<<<<

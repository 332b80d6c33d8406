//! Reads a JSON text as a document: settings, a module and the facts about it ([`read_text`]), each value where it lies.
//! Part of `naga_judge`; no promise to users.
#![tactic(auto)]

mod document;
mod entry_points;
mod errors;
mod facts;
mod functions;
mod id;
mod module;
mod text;
mod types;

pub use crate::document::{Document, Known};
pub use crate::id::Id;
pub use crate::text::{MOST_BYTES, Reading, read_text};
pub use json::Scratch;
pub use json_values::{ReadError, Unreadable};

>>>>

Exercise =>
For the string "text", return every line of the data where it appears.

Task response =>
//! Reads a JSON text as a document: settings, a module and the facts about it ([`read_text`]), each value where it lies.
mod text;
pub use crate::text::{MOST_BYTES, Reading, read_text};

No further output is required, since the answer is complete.